Quantum Transduction of Telecommunications-band Single Photons from a Quantum Dot by Frequency Upconversion

TL;DR

This paper demonstrates the frequency upconversion of single photons emitted by a quantum dot from 1.3 μm to 710 nm, preserving their quantum properties, which is crucial for quantum communication and computation.

Contribution

It is the first to transduce a true single-photon source at telecom wavelength to visible light while maintaining quantum characteristics.

Findings

Achieved 21% total detection efficiency in frequency upconversion.

Maintained quantum nature with g^(2)(0) = 0.165, indicating single-photon purity.

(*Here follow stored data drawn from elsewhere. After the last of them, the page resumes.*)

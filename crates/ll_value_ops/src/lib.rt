//! Instructions on values of LLVM 14's assembly language, read from the tokens of a text.
#![tactic(auto)]

mod laws;
mod opcodes;
mod operations;
#[cfg(test)]
mod tests;

pub use laws::{
    refused_value_operations_derive_nothing, value_operations_are_parts,
    value_operations_before_an_end_are_whole, value_operations_leave_one_rest,
};
pub use operations::read_value_operation;
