ghost use Rattle.std.specs.Prelude.{◌≡◌, List};
ghost use Rattle.ll_tokens.specs.Tokens.{Lexeme};
ghost use Rattle.ll_tree.specs.declared.name.NameText.{NameText};
ghost use Rattle.ll_tree.specs.declared.op.Op.{Op};
ghost use Rattle.ll_parser.specs.declared.refusal.Refusal.{Refusal};
ghost use Rattle.ll_parser.specs.GrammarInsts.{operation};
ghost use Rattle.ll_parser.specs.NameReading.{DerivesNoneWith};
ghost use Rattle.ll_operands.specs.Whole.{EndsOperation};
ghost use Rattle.ll_value_ops.specs.ValueOperations.{IsValueOperation, value_operation, value_operation_part};

/// What the grammar derives of instructions on values is of the part that is read.
pub fn value_operations_are_parts()
    ensures { (names : List NameText) (o : Op) (tokens rest : List Lexeme) →
        value_operation names o tokens rest → value_operation_part.begins tokens rest }
{}

/// The instruction on values with which tokens begin leaves one list, whatever the tables of names.
pub fn value_operations_leave_one_rest()
    ensures { (names other : List NameText) (o p : Op) (tokens a b : List Lexeme) →
        value_operation names o tokens a → value_operation other p tokens b → a ≡ b }
{}

/// Tokens that are refused for an instruction on values begin with none, whatever the table of names.
pub fn refused_value_operations_derive_nothing()
    ensures { (tokens : List Lexeme) (refusal : Refusal) →
        value_operation_part.stops tokens refusal → DerivesNoneWith value_operation tokens }
{}

/// An instruction on values behind which no instruction goes on is a whole one.
pub fn value_operations_before_an_end_are_whole()
    ensures { (names : List NameText) (o : Op) (tokens rest : List Lexeme) →
        IsValueOperation o → operation names o tokens rest → EndsOperation rest → value_operation names o tokens rest }
{}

Demonstrated potential for integrating quantum dots with optical fiber networks.

Abstract

The ability to transduce non-classical states of light from one wavelength to another is a requirement for integrating disparate quantum systems that take advantage of telecommunications-band photons for optical fiber transmission of quantum information and near-visible, stationary systems for manipulation and storage. In addition, transducing a single-photon source at 1.3 {\mu}m to visible wavelengths for detection would be integral to linear optical quantum computation due to the challenges of detection in the near-infrared. Recently, transduction at single-photon power levels has been accomplished through frequency upconversion, but it has yet to be demonstrated for a true single-photon source. Here, we transduce the triggered single-photon emission of a semiconductor quantum dot at 1.3 {\mu}m to 710 nm with a total detection (internal conversion) efficiency of 21% (75%). We demonstrate that the 710 nm signal maintains the quantum character of the 1.3 {\mu}m signal, yielding a photon anti-bunched second-order intensity correlation, g^(2)(t), that shows the optical field is composed of single photons with g^(2)(0) = 0.165 < 0.5.